If you are anywhere on pregnancy and parenting-related social media sites, you know that October 15th commemorates pregnancy and infant loss. It is the day when parents who have lost a child to miscarriage or stillbirth replace their profile pictures with a burning candle. It is also a month almost to the day from when I experienced my first significant miscarriage and ended-up in hospital as a result, without my fetus and without most of my blood supply.
I’m not in a place where I can wax poetic and inspiring about the reality of pregnancy loss but I can wax brutally honest any day of the week so ready or not, here I come.
How much have my husband and I learned through the last 5 weeks! Miscarriage packs quite the sucker punch. Leaving aside the medical fall-out, it’s like a post-partum hormonal crash minus the baby to cuddle. One minute you think you’re holding-up pretty well, thank you very much, and the next you’re sitting in a puddle. This post is an attempt at expressing the depth of conflicting emotions that grab you when you go through the experience of miscarriage. Maybe you will read it and learn something. But maybe someone will read it and feel normal, this is my hope.

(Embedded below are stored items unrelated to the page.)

//! Tests of disks over a cluster, and of a journal there: one in memory, whose commits are not answered and done or not done.
#![tactic(auto)]

#[cfg(test)]
mod disk;
#[cfg(test)]
mod journal;
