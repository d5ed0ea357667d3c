// The kinds of step, and what each tells the seat that makes it.
ghost use Rattle.std.specs.Prelude.{List, []};
ghost use Rattle.boss_lock.specs.Rule.{spent_view};
ghost use Rattle.boss_lock.specs.Steps.{left_view, right_view, joined_view, bare_view, set_down_view, folded_view, drawn, looked, taken, given, passed, compared, added};

use crate::view::{Known, Stands, View};
use atomic_table::{Join, Play, Split};
use std::marker::{Brand, PhantomData};

pub struct Draw;

impl<V: Stands> Play<Option<V>, Known<V>> for Draw {
    ghost then = { drawn };
}

pub struct Look;

impl<V: Stands> Play<Option<V>, Known<V>> for Look {
    ghost then = { looked };
}

pub struct Take;

impl<V: Stands> Play<Option<V>, Known<V>> for Take {
    ghost then = { taken V.stands };
}

// Names the entries of one turn. The call that adds them, or gives the value back, picks them.
pub trait Telling<E> {
    ghost told: { List E };
}

impl<E> Telling<E> for Brand {
    ghost told = { [] };
}

pub struct GiveBack<J> {
    telling: PhantomData<J>,
}

impl<V: Stands, J: Telling<V::Entry>> Play<Option<V>, Known<V>> for GiveBack<J> {
    ghost then = { given J.told };
}

pub struct PassOn;

impl<V: Stands> Play<Option<V>, Known<V>> for PassOn {
    ghost then = { passed };
}

// Two lists that a seat knows are beginnings of one history. It needs a step of its own, since a join tells nothing.
pub struct Compare;

impl<V: Stands> Play<Option<V>, Known<V>> for Compare {
    ghost then = { compared };
}

pub struct Add<J> {
    telling: PhantomData<J>,
}

impl<V: Stands, J: Telling<V::Entry>> Play<Option<V>, Known<V>> for Add<J> {
    ghost then = { added J.told };
}

pub struct OnePart;

impl<T, E> Split<View<T, E>> for OnePart {
    ghost left = { left_view };

    ghost right = { right_view };
}

pub struct AllParts;

impl<T, E> Join<View<T, E>> for AllParts {
    ghost both = { joined_view };

    ghost spent = { spent_view };
}

// All but one part, and every place. The part that stays keeps the turn.
pub struct SetDown;

impl<T, E> Split<View<T, E>> for SetDown {
    ghost left = { bare_view };

    ghost right = { set_down_view };
}

// The parts alone.
pub struct Fold;

impl<T, E> Join<View<T, E>> for Fold {
    ghost both = { folded_view };

    ghost spent = { spent_view };
}
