// A seat at the lock.
use crate::view::{Stands, Token};
use std::marker::Model;

/// A right to take turns at one lock. It has no bytes, and may go to another thread.
///
/// To a contract a seat is a `Standing`: its table and start, its parts, the beginning of the history
/// that it has seen, the places in it of the entries that it made, and, while it has the turn, the
/// history as it found it.
///
/// A seat that is dropped takes its parts with it, so no seat has all parts again. One that is dropped
/// with the turn leaves the lock taken for ever, which no contract rules out.
#[derive(Drop)]
pub struct Seat<V: Stands> {
    pub(crate) token: Token<V>,
}

impl<V: Stands> Model for Seat<V> {
    ghost use Rattle.boss_lock.specs.Seats.{Standing, standing, IsAtRest};

    ghost Value = { Standing V.Start V.Entry };

    ghost view = { λ s. standing s.token.table_id s.token.me.0 };

    ghost invariant = { λ s. IsAtRest s.token.me };
}
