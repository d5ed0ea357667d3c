// The lock and its calls.
ghost use Rattle.std.specs.Prelude.{◌≡◌, ℕ, ◌+◌, ◌*◌, ◌^◌, ◌<◌, ◌≤◌, ◌⊎◌, List, [], ◌∷◌, ◌++◌, length, Some, None, IsSome, IfOk, IfErr};
ghost use mathlib.Core.List.{IsPrefix};
ghost use Rattle.boss_lock.specs.Places.{numbers_from, ArePlacesOf, IsLonger, total};
ghost use Rattle.boss_lock.specs.Seats.{IsSeatOf, found, own_entries, first_seat, with_turn, after_turn, one_part_less, one_part_of, both_seats, after_lending, with_parts_of};

use crate::bells::Bells;
use crate::seat::Seat;
use crate::steps::{begin_turn, divide, end_turn, fold, is_next_served, lend_turn, take_in};
use crate::view::{Known, Made, OneHistory, Stands, Terms};
use atomic_table::{Closed, Refused, Table};
use std::alloc::{AllocFailed, Global};
use std::error::Error;
use std::fmt;
use std::marker::Model;
use std::snapshot::Snapshot;
use std::sync::Wait;

/// There was no memory. The call that answers it has changed nothing.
#[derive(Clone, Copy, Debug, PartialEq, Eq)]
pub struct NoMemory;

impl fmt::Display for NoMemory {
    fn fmt<W: fmt::Write>(&self, f: &mut fmt::Formatter<W>) -> fmt::Result {
        f.write_str("out of memory")
    }
}

impl Error for NoMemory {}

/// A lock that keeps a value, which stands for a list of entries, the history, from the start that the
/// first value told.
///
/// Seats take turns in the order of the tickets that they draw. Whoever has the turn has the value, and
/// may add entries to the end of the history. The history exists in proofs alone: no call stores any of
/// it, and only `new` takes memory. Tickets count modulo 2^64, which is no limit on the turns.
///
/// To a contract a lock is a `Lock`: its table, the start, and how many parts its seats have together.
///
/// Not promised: that a seat which waits gets its turn, or how long that takes. A turn that is passed on
/// while others wait wakes the seat whose turn it is, and those 64 places behind it, 128 and so on.
#[derive(Drop)]
pub struct Ruled<V: Stands> {
    table: Table<Option<V>, Known<V>, Terms<V>, OneHistory, Global>,
    bells: Bells,
}

impl<V: Stands> Model for Ruled<V> {
    ghost use Rattle.std.specs.Prelude.{◌≡◌};
    ghost use Rattle.boss_lock.specs.Seats.{Lock};

    ghost Value = { Lock V.Start };

    ghost view = { λ l. record {
      table = l.table.shared.table_id;
      start = V.start l.table.shared.key.value.value;
      seats = l.table.shared.key.seats;
    } };

    ghost invariant = { λ l. (l.table.shared.table_id.words ≡ 2) × (l.table.shared.table_id.slots ≡ 1) };
}

// A row of one slot, with the value in it.
fn one_slot<V>(alloc: Global, value: V) -> Result<Vec<Option<V>>, V>
    ensures ok { IfOk result (λ slots. slots.items ≡ Some value ∷ []) }
    ensures err { IfErr result (λ refused. refused ≡ value) }
{
    let mut slots = Vec::new(alloc);
    match slots.push(Some(value)) {
        Ok(()) => Ok(slots),
        Err(failed) => {
            slots.destroy_empty();
            let AllocFailed { value } = failed;
            let Some(value) = value else { unreachable!() };
            Err(value)
        }
    }
}

// The value of such a row.
fn only_value<V>(mut slots: Vec<Option<V>>) -> V
    requires { (value : V) × (slots.items ≡ Some value ∷ []) }
    ensures { slots.items ≡ Some result ∷ [] }
{
    let last = slots.pop();
    slots.destroy_empty();
    let Some(slot) = last else { unreachable!() };
    let Some(value) = slot else { unreachable!() };
    value
}

// A new lock, and its only seat, which has so many parts.
fn with_parts<V: Stands>(
    alloc: Global,
    value: V,
    parts: u64,
) -> Result<(Ruled<V>, Seat<V>), (V, NoMemory)>
    requires parts { (0 < parts) × (parts < 2 ^ 33) }
    requires value { V.stands value (V.start value) [] }
    ensures lock { IfOk result (λ made. (made.0.start ≡ V.start value) × (made.0.seats ≡ parts)) }
    ensures seat { IfOk result (λ made. made.1 ≡ first_seat made.0) }
    ensures err { IfErr result (λ refused. refused.0 ≡ value) }
{
    let terms = Terms {
        seats: parts,
        value: Snapshot::of(&value),
    };
    let Ok(bells) = Bells::new(alloc) else {
        return Err((value, NoMemory));
    };
    let slots = match one_slot(alloc, value) {
        Ok(slots) => slots,
        Err(value) => return Err((value, NoMemory)),
    };
    match Table::new(alloc, &[0, 0], slots, &terms) {
        Ok((table, token)) => Ok((Ruled { table, bells }, Seat { token })),
        Err(refused) => {
            let Refused { slots } = refused;
            Err((only_value(slots), NoMemory))
        }
    }
}

impl<V: Stands> Ruled<V> {
    /// A new lock, and its only seat, which has all `seats` parts. The history is empty.
    ///
    /// There has to be a part or more, and the value has to stand for the empty list from the start that
    /// it tells. Without memory the value comes back as it was.
    pub fn new(alloc: Global, value: V, seats: u32) -> Result<(Ruled<V>, Seat<V>), (V, NoMemory)>
        requires seats { 0 < seats }
        requires value { V.stands value (V.start value) [] }
        ensures lock { IfOk result (λ made. (made.0.start ≡ V.start value) × (made.0.seats ≡ seats)) }
        ensures seat { IfOk result (λ made. made.1 ≡ first_seat made.0) }
        ensures err { IfErr result (λ refused. refused.0 ≡ value) }
    {
        with_parts(alloc, value, seats as u64)
    }

    /// The same with two parts for each of `pairs`, so that whoever has a pair can `split` a seat off that
    /// takes the turns, and `fold` it in again, while the other one lies where a turn can be lent to it.
    pub fn new_in_pairs(
        alloc: Global,
        value: V,
        pairs: u32,
    ) -> Result<(Ruled<V>, Seat<V>), (V, NoMemory)>
        requires pairs { 0 < pairs }
        requires value { V.stands value (V.start value) [] }
        ensures lock { IfOk result (λ made. (made.0.start ≡ V.start value) × (made.0.seats ≡ 2 * pairs)) }
        ensures seat { IfOk result (λ made. made.1 ≡ first_seat made.0) }
        ensures err { IfErr result (λ refused. refused.0 ≡ value) }
    {
        with_parts(alloc, value, 2 * pairs as u64)
    }

    /// Whether no seat had the turn or waited for it at a moment of the call.
    ///
    /// That may be otherwise by the time that it returns, so no clause says anything of it: it serves to
    /// choose the quicker of two ways. The call takes no memory and does not wait.
    pub fn is_free(&self) -> bool {
        is_next_served(&self.table.shared)
    }

    /// Waits for the seat's turn, and takes the value out.
    ///
    /// The seat has to be one of this lock, and not have the turn. The value stands for a history that
    /// begins with all that the seat has seen, and that stays as it is until the seat leaves. The call
    /// takes no memory. That it returns is not promised: it does not while another seat keeps the turn.
    pub fn enter<R: Wait>(&self, rt: &R, seat: &mut Seat<V>) -> V
        requires own { IsSeatOf self.now seat.old }
        requires no_turn { seat.old.turn ≡ None }
        ensures seat { seat.new ≡ with_turn seat.old (found seat.new) }
        ensures history { IsPrefix seat.old.seen (found seat.new) }
        ensures value { V.stands result self.now.start (found seat.new) }
    {
        begin_turn(&self.table.shared, &self.bells, rt, &mut seat.token)
    }

    /// Gives a value back, and passes the turn on.
    ///
    /// The seat has to be one of this lock, and have the turn. The value has to stand for the history that
    /// `enter` found and then the entries that `made` tells. The seat has then seen just that, and the new
    /// entries' places are its own. `made` is not read. The call takes no memory and does not wait.
    pub fn leave<M: Made<V>>(&self, seat: &mut Seat<V>, value: V, made: &M)
        requires own { IsSeatOf self.now seat.old }
        requires turn { IsSome seat.old.turn }
        requires value { V.stands value self.now.start (found seat.old ++ M.entries made.now) }
        ensures seat { seat.new ≡ after_turn seat.old (M.entries made.now) }
        ensures own_entries { own_entries seat.new ≡ own_entries seat.old ++ M.entries made.now }
        ensures places { ArePlacesOf seat.new.places seat.new.seen }
    {
        end_turn(
            &self.table.shared,
            &self.bells,
            &mut seat.token,
            value,
            made,
        );
    }

    /// Moves one part to a new seat, which has seen the same and has no places.
    ///
    /// The seat has to be one of this lock, not have the turn, and have two parts or more. The call takes
    /// no memory.
    pub fn split(&self, seat: &mut Seat<V>) -> Seat<V>
        requires own { IsSeatOf self.now seat.old }
        requires no_turn { seat.old.turn ≡ None }
        requires two_parts { 2 ≤ seat.old.parts }
        ensures left { seat.new ≡ one_part_less seat.old }
        ensures right { result ≡ one_part_of seat.old }
    {
        let token = divide(&self.table.shared, &mut seat.token);
        Seat { token }
    }

    /// Takes in another seat: its parts, its places, and the longer of what the two have seen, which both
    /// begin.
    ///
    /// Both have to be seats of this lock, and have no turn. The call takes no memory.
    pub fn join(&self, seat: &mut Seat<V>, other: Seat<V>)
        requires own { IsSeatOf self.now seat.old × IsSeatOf self.now other }
        requires no_turn { (seat.old.turn ≡ None) × (other.turn ≡ None) }
        ensures seat { seat.new ≡ both_seats seat.old other }
        ensures history { IsLonger seat.old.seen other.seen seat.new.seen }
        ensures own_entries { (weight : V.Entry → ℕ) →
            total weight (own_entries seat.new) ≡ total weight (own_entries seat.old) + total weight (own_entries other) }
        ensures places { ArePlacesOf seat.new.places seat.new.seen }
    {
        let Seat { token } = other;
        take_in(&self.table.shared, &mut seat.token, token);
    }

    /// Lends the seat's turn to another seat, which makes these entries in it.
    ///
    /// Both have to be seats of this lock. The first has to have the turn, one part and no places, and the
    /// other no turn. The other comes back as it would be after a turn of its own in which it found the same
    /// history and made the entries that `made` tells. The first keeps the turn, as if it had found these too.
    /// Nothing is asked of the value, which stays with the caller: `leave` asks that it stands for all that was
    /// made. `made` is not read. The call takes no memory and does not wait.
    pub fn lend<M: Made<V>>(&self, seat: &mut Seat<V>, other: Seat<V>, made: &M) -> Seat<V>
        requires own { IsSeatOf self.now seat.old × IsSeatOf self.now other }
        requires turn { IsSome seat.old.turn }
        requires bare { (seat.old.parts ≡ 1) × (seat.old.places ≡ []) }
        requires no_turn { other.turn ≡ None }
        ensures seat { seat.new ≡ after_lending seat.old (M.entries made.now) }
        ensures history { IsPrefix other.seen (found seat.old) }
        ensures other { result ≡ after_turn (with_turn other (found seat.old)) (M.entries made.now) }
        ensures own_entries { own_entries result ≡ own_entries other ++ M.entries made.now }
        ensures places { ArePlacesOf result.places result.seen }
    {
        let Seat { token } = other;
        let token = lend_turn(&self.table.shared, &mut seat.token, token, made);
        Seat { token }
    }

    /// Takes the parts of another seat that has no places, and lets go what it had seen.
    ///
    /// Both have to be seats of this lock, and the other has to have no turn. The seat stays as it was but
    /// for its parts, also with the turn. The call takes no memory.
    pub fn fold(&self, seat: &mut Seat<V>, other: Seat<V>)
        requires own { IsSeatOf self.now seat.old × IsSeatOf self.now other }
        requires no_turn { other.turn ≡ None }
        requires no_places { other.places ≡ [] }
        ensures seat { seat.new ≡ with_parts_of seat.old other }
    {
        let Seat { token } = other;
        fold(&self.table.shared, &mut seat.token, token);
    }

    /// Ends the lock, and gives its value. It stands for all that the seat has seen, and every place of
    /// that is the seat's own.
    ///
    /// The seat has to be one of this lock, not have the turn, and have all parts, so it is the only seat
    /// left. The call takes no memory, and gives back what the lock took.
    pub fn close(self, seat: Seat<V>) -> V
        requires own { IsSeatOf self seat }
        requires no_turn { seat.turn ≡ None }
        requires all_parts { seat.parts ≡ self.seats }
        ensures value { V.stands result self.start seat.seen }
        ensures places { seat.places ≡ numbers_from 0 (length seat.seen) }
    {
        let Ruled { table, bells } = self;
        drop(bells);
        let Seat { token } = seat;
        let mut closed = table.close_with(token);
        let slot = closed.take(0);
        closed.free();
        let Some(value) = slot else { unreachable!() };
        value
    }
}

My new pregnancy happened in my new community and I had to debate whether I would seek the care of my usual midwifery team — which would involve driving into town to deliver in hospital or at the birth center — or to register with the midwifery practice for my area — which would allow me to give birth at home or at my local hospital. I really struggled with this decision. The safe course of action, given that I dilate more-or-less painlessly until 7-8cm, was to stay in my area rather than risk an hour long drive into town in transition. But despite being a rational and rather well-hinged individual, I couldn’t think rationally about it. I did get on a local midwife’s roster but when I miscarried, the lack of emotional support from my midwife was really difficult to cope with. It wasn’t her fault: we had only met once. The scope of practice of Ontario midwives is perfect for normal healthy pregnancies but it it grossly inadequate for not-so-normal pregnancies. When I started bleeding heavily, I paged a midwife I didn’t know, who didn’t know me, and directed me to the emergency department of my local hospital. I never heard again from my midwifery clinic. It’s not their fault: they have clients and jobs and no-longer-pregnant women are not part of it. I had to call to cancel lab appointments, midwifery follow-ups and ultrasounds appointments and never got a single call from my midwife to make sure I was ok.

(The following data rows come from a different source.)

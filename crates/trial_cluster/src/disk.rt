//! A disk over a cluster in memory.

ghost use Rattle.std.specs.Prelude.{◌≤◌, ◌^◌, length};

use boss_cluster::{ClusterDisk, MemoryCluster};
use boss_disk::Disk;
use boss_model::{Items, NoMemory};
use boss_outside::Failed;
use std::alloc::Global;
use std::process::Abort;
use std::test::Fail;

/// A disk over a cluster that holds these bytes. The commits with these numbers are not answered; `lands` tells whether they are done.
pub fn disk_over(
    alloc: Global,
    bytes: &[u8],
    fails: &[u64],
    lands: bool,
) -> Result<ClusterDisk<MemoryCluster>, NoMemory>
    requires { length bytes.now ≤ 2 ^ 62 }
{
    let found = Items::from_vec(bytes.to_vec(alloc)?);
    let fails = Items::from_vec(fails.to_vec(alloc)?);
    let cluster = MemoryCluster::new(alloc, found, fails, lands)?;
    Ok(ClusterDisk::new(cluster, bytes.to_vec(alloc)?))
}

/// Writes these bytes to an empty cluster in one sync, whose commits with these numbers are not answered, and gives what the cluster holds
/// then. Where one was not answered, the disk is stopped.
fn written(
    rt: &impl Abort,
    alloc: Global,
    bytes: &[u8],
    fails: &[u64],
    lands: bool,
) -> Result<Vec<u8>, NoMemory> {
    let mut disk = disk_over(alloc, &[], fails, lands)?;
    assert!(rt; disk.write_at(0, bytes).is_ok());
    let synced = disk.sync().is_ok();
    assert_eq!(rt; synced, fails.is_empty());
    assert_eq!(rt; disk.write_at(0, b"more").is_ok(), synced);
    Ok(disk.close().into_contents())
}

#[test]
fn a_sync_commits_what_was_written(rt: HostRuntime) -> Result<(), Fail> {
    let held = written(&rt, rt.alloc(), b"hello", &[], false)?;
    assert_eq!(rt; held.as_slice(), b"hello".as_slice());
    Ok(())
}

#[test]
fn a_commit_that_is_not_answered_is_done_or_not(rt: HostRuntime) -> Result<(), Fail> {
    let held = written(&rt, rt.alloc(), b"hello", &[1], false)?;
    assert!(rt; held.is_empty());
    let held = written(&rt, rt.alloc(), b"hello", &[1], true)?;
    assert_eq!(rt; held.as_slice(), b"hello".as_slice());
    Ok(())
}

#[test]
fn a_large_write_takes_several_commits(rt: HostRuntime) -> Result<(), Fail> {
    let bytes = [7; 70_000];
    let held = written(&rt, rt.alloc(), &bytes, &[], false)?;
    assert_eq!(rt; held.len(), 70_000);
    let held = written(&rt, rt.alloc(), &bytes, &[2], false)?;
    assert_eq!(rt; held.len(), 65_536);
    Ok(())
}

/// Puts these bytes over those of a cluster that holds `hello`, whole, by a commit that is not answered where it says so, and gives what the
/// cluster holds then. Where it was not answered, each later call fails.
fn written_whole(
    rt: &impl Abort,
    alloc: Global,
    bytes: &[u8],
    fails: &[u64],
    lands: bool,
) -> Result<Vec<u8>, NoMemory> {
    let mut disk = disk_over(alloc, b"hello", fails, lands)?;
    let written = disk.write_whole(0, bytes);
    assert!(rt;
        written
            == if fails.is_empty() {
                Ok(true)
            } else {
                Err(Failed)
            }
    );
    assert_eq!(rt; disk.length().is_ok(), fails.is_empty());
    assert_eq!(rt; disk.write_at(0, b"more").is_ok(), fails.is_empty());
    Ok(disk.close().into_contents())
}

#[test]
fn a_whole_write_is_one_commit(rt: HostRuntime) -> Result<(), Fail> {
    let held = written_whole(&rt, rt.alloc(), b"jelly, ", &[], false)?;
    assert_eq!(rt; held.as_slice(), b"jelly, ".as_slice());
    let held = written_whole(&rt, rt.alloc(), b"j", &[1], false)?;
    assert_eq!(rt; held.as_slice(), b"hello".as_slice());
    let held = written_whole(&rt, rt.alloc(), b"j", &[1], true)?;
    assert_eq!(rt; held.as_slice(), b"jello".as_slice());
    Ok(())
}

/// Writes bytes behind those of a cluster that holds `hello`, whole; whether it did that, and how many bytes the cluster holds then.
fn added_whole(alloc: Global, bytes: &[u8]) -> Result<(bool, usize), Fail> {
    let mut disk = disk_over(alloc, b"hello", &[], false)?;
    let Ok(end) = disk.length() else {
        return Err(Fail::new("a length"));
    };
    let Ok(done) = disk.write_whole(end, bytes) else {
        return Err(Fail::new("a write that does not fail"));
    };
    Ok((done, disk.close().into_contents().len()))
}

#[test]
fn a_whole_write_has_room_in_one_commit(rt: HostRuntime) -> Result<(), Fail> {
    let bytes = [7; 63_489];
    let most = added_whole(rt.alloc(), &bytes[1..])?;
    assert!(rt; most == (true, 63_493));
    let more = added_whole(rt.alloc(), &bytes)?;
    assert!(rt; more == (false, 5));
    Ok(())
}
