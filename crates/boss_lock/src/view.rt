// What each seat knows of the lock, and the rule over all of it.
ghost use Rattle.std.specs.Prelude.{List};

use atomic_table::{Seat, Shared, TableRule};
use std::collections::LinkedList;
use std::snapshot::Snapshot;

/// A value that stands for a list of entries, from a start. Contracts alone read its two meanings, so
/// the trait has no calls.
pub trait Stands {
    /// What a value tells of the state before the first entry. It is plain data, and no value of it is made.
    type Start;
    /// What one entry of the history says. No value of it is made either.
    type Entry;

    // The start that a value tells.
    ghost start: { Self → Self.Start };

    // Whether the value stands for these entries from this start.
    ghost stands: { Self → Self.Start → List Self.Entry → Type 0 };
}

/// A value that tells which entries a turn made. No code reads it, so the trait has no calls.
pub trait Made<V: Stands> {
    // The entries, in the order in which they were made.
    ghost entries: { Self → List V.Entry };
}

// How far a seat is with its turn. A number is the seat's ticket, counted without end. The first list
// is the history as the seat found it when it got the turn, and the second the entries that it made.
pub enum Stage<E> {
    Idle,
    Waiting(u64),
    Turn(u64, LinkedList<E>),
    // The value is out of its slot, in the seat's hands.
    Holding(u64, LinkedList<E>),
    // The value is back, and the turn is not passed on yet.
    Given(u64, LinkedList<E>, LinkedList<E>),
}

// What a seat knows. No value of it is made.
pub struct View<T, E> {
    // None once the seat's parts went to another.
    pub start: Option<T>,
    pub parts: u64,
    pub seen: LinkedList<E>,
    // What a seat that was taken in had seen, until the two lists are compared.
    pub other: LinkedList<E>,
    pub places: LinkedList<u64>,
    pub stage: Stage<E>,
}

pub type Known<V> = View<<V as Stands>::Start, <V as Stands>::Entry>;

// What the table is told when it is made. It has no byte of the value, whose start the rule reads.
#[derive(Drop)]
pub struct Terms<V> {
    pub seats: u64,
    pub value: Snapshot<V>,
}

// The rule of the lock.
pub struct OneHistory;

impl<V: Stands> TableRule<Option<V>, Known<V>, Terms<V>> for OneHistory {
    ghost use Rattle.boss_lock.specs.Rule.{IsKept, first_view};

    ghost holds = { λ terms. IsKept V.stands (V.start terms.value.value) terms.seats };

    ghost first = { λ terms. first_view (V.start terms.value.value) terms.seats };
}

pub type Board<V> = Shared<Option<V>, Known<V>, Terms<V>, OneHistory>;

pub type Token<V> = Seat<Option<V>, Known<V>>;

The same scenario was repeated the following week when my family doctor asked for an OBGYN referral to the specialist who was on call when I miscarried for an unrelated issue. My family doctor got a fax back from the specialist’s desk saying: “This Patient was seen last week for a miscarriage. Is this referral still needed?” I had to shake my head: why would anyone want to follow-up with a specialist about a miscarriage anyway (insert sarcasm)? You are no longer pregnant. Next caller.

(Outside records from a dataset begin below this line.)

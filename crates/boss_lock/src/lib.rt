//! A ticket lock whose value knows one history.
//!
//! `Ruled` keeps a value and hands it to one seat at a time. The value stands for a list of entries,
//! the history, which exists in proofs alone. Whoever has the turn may add entries to its end. So the
//! history has one order for all seats, and each seat knows a beginning of it and which of its places
//! are its own.
#![tactic(auto)]

mod bells;
mod lock;
mod plays;
mod seat;
mod steps;
mod view;

pub use lock::{NoMemory, Ruled};
pub use seat::Seat;
pub use view::{Made, Stands};
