// What is read from the fields: their energy, and the reading of a plane.
ghost use Rattle.std.specs.Prelude.{◌≡◌, ◌+◌, ◌*◌, ◌≤◌, ◌<◌, length};
ghost use Rattle.std.specs.Float.{binary64};
ghost use Rattle.std.specs.Float.Ieee.{mul};
ghost use Rattle.grid.specs.Vacuum.{eps_of, mu_of};
ghost use Rattle.refusals.specs.Refusals.{code, value_or};
ghost use Rattle.root.specs.Rounded.{zero_f, summed};
ghost use Rattle.grid.specs.Stores.{outcome, number_at};
ghost use Rattle.fields.specs.Fields.{squared, cell_energy, energy_at, energy_fault, energy_call, plane_fault, plane_call};

use grid::{Record, stores};
use refusals::{Refusal, require};
use root::vacuum;

fn squared_of(x: f64, y: f64, z: f64) -> f64
    ensures { result ≡ squared x y z }
{
    x * x + y * y + z * z
}

fn cell_energy(eps0: f64, mu0: f64, dv: f64, eps_r: f64, mu_r: f64, e2: f64, h2: f64) -> f64
    ensures { result ≡ cell_energy eps0 mu0 dv eps_r mu_r e2 h2 }
{
    let eps = eps0 * eps_r;
    let mu = mu0 * mu_r;
    (0.5 * eps * e2 + 0.5 * mu * h2) * dv
}

// The square of a field at place m, in a store of n cells.
fn square_at(s: &[f64], n: usize, m: usize) -> f64
    requires { (m < n) × (length s.now ≡ 3 * n) }
    ensures { result ≡ squared (number_at s.now n 0 m) (number_at s.now n 1 m) (number_at s.now n 2 m) }
{
    squared_of(s[m], s[n + m], s[2 * n + m])
}

fn energy_at(
    e: &[f64],
    h: &[f64],
    media: &[f64],
    n: usize,
    dv: f64,
    eps0: f64,
    mu0: f64,
    m: usize,
) -> f64
    requires { (m < n) × (length e.now ≡ 3 * n) × (length h.now ≡ 3 * n) × (length media.now ≡ 3 * n) }
    ensures { result ≡ energy_at eps0 mu0 dv n e.now h.now media.now m }
{
    let e2 = square_at(e, n, m);
    let h2 = square_at(h, n, m);
    cell_energy(eps0, mu0, dv, media[m], media[n + m], e2, h2)
}

fn energy_sum(e: &[f64], h: &[f64], media: &[f64], n: usize, dv: f64, eps0: f64, mu0: f64) -> f64
    requires { (length e.now ≡ 3 * n) × (length h.now ≡ 3 * n) × (length media.now ≡ 3 * n) }
    ensures { result ≡ summed n (energy_at eps0 mu0 dv n e.now h.now media.now) }
{
    let mut energy = 0.0;
    for m in 0..n {
        energy += energy_at(e, h, media, n, dv, eps0, mu0, m);
    }
    energy
}

#[tactic(auto, unfolding(crate::specs::Fields::energy_fault, grid::specs::Stores::fault_lent), using(grid::proofs::Settled::own_fault, grid::proofs::Settled::later_fault))]
fn energy_fault(r: Record, e: usize, h: usize, media: usize) -> Result<(), Refusal>
    ensures { code result ≡ energy_fault r e h media }
{
    let l = stores::judge(r)?;
    require(
        (e == l.electric) & (h == l.magnetic) & (media == l.media),
        Refusal::BadStore,
    )
}

// The energy of both fields, by the record's constants.
#[tactic(auto, unfolding(crate::specs::Fields::energy_call), using(grid::proofs::Settled::refused_with, refusals::proofs::Numbers::stands_in))]
pub fn total_energy(r: Record, e: &[f64], h: &[f64], media: &[f64]) -> Result<f64, Refusal>
    ensures { outcome (code result) r (value_or zero_f result) ≡ energy_call (eps_of r) (mu_of r) r e.now h.now media.now }
{
    energy_fault(r, e.len(), h.len(), media.len())?;
    let dv = r.spacings.dx * r.spacings.dy * r.spacings.dz;
    let v = vacuum::chosen(r.constants);
    Ok(energy_sum(e, h, media, r.nx * r.ny * r.nz, dv, v.eps0, v.mu0))
}

// ex·hy added up over a plane of cells that begins at the place q.
fn plane_sum(e: &[f64], h: &[f64], plane: usize, n: usize, q: usize) -> f64
    requires { (q + plane ≤ n) × (n ≤ 1048576) × (length e.now ≡ 3 * n) × (length h.now ≡ 3 * n) }
    ensures { result ≡ summed plane (λ m. mul binary64 (number_at e.now n 0 (q + m)) (number_at h.now n 1 (q + m))) }
{
    let mut sum = 0.0;
    for m in 0..plane {
        sum += e[q + m] * h[n + (q + m)];
    }
    sum
}

#[tactic(auto, unfolding(crate::specs::Fields::plane_fault, grid::specs::Stores::fault_lent), using(grid::proofs::Settled::own_fault, grid::proofs::Settled::later_fault))]
fn plane_fault(r: Record, k: usize, e: usize, h: usize) -> Result<(), Refusal>
    ensures { code result ≡ plane_fault r k e h }
{
    let l = stores::judge(r)?;
    require((e == l.electric) & (h == l.magnetic), Refusal::BadStore)?;
    require(k < r.nz, Refusal::NoSuchPlane)
}

// ex·hy over the cells of plane k, times the area of a cell.
#[tactic(auto, unfolding(crate::specs::Fields::plane_call), using(grid::proofs::Settled::refused_with, refusals::proofs::Numbers::stands_in))]
pub fn plane_reading(r: Record, k: usize, e: &[f64], h: &[f64]) -> Result<f64, Refusal>
    ensures { outcome (code result) r (value_or zero_f result) ≡ plane_call r k e.now h.now }
{
    plane_fault(r, k, e.len(), h.len())?;
    let plane = r.nx * r.ny;
    let sum = plane_sum(e, h, plane, plane * r.nz, k * plane);
    Ok(sum * (r.spacings.dx * r.spacings.dy))
}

After all, an entire cast of characters saw you bleed from your private parts, stuck stuff up the same parts (u/s wand, many speculums and some pliers), washed you as if you were an infant and watched you use the bathroom at every bladder or bowel movement to make sure, in their words, that you didn’t “empty out.” I felt like I wanted to meet these people. Face to face. I wanted to show them my living children so they would know me for more than “that great grand multipara who had a miscarriage.” I received superlative and compassionate care from the doctors and nurses I met along the way, from my admittance until my transfusion and my final release from care. It still sits weird with me that these people hold such an important place in my life and memory but I’ll never be more than another patient to them. When I was the head of the students’ legal information clinic in university I used to tell my volunteers “Clients may be one in 20 people you will talk to today but their legal issue is probably occupying almost 100% of their head space. The contact you have with them might feel like nothing to you but it could be everything to them if they are caught in a difficult situation. Be compassionate and mindful of that rapport.” Now I am living what it is to be at the vulnerable end of a relation of care, where saving your life is just another day at the office. It is a terrifying and humbling vulnerability that I will never forget.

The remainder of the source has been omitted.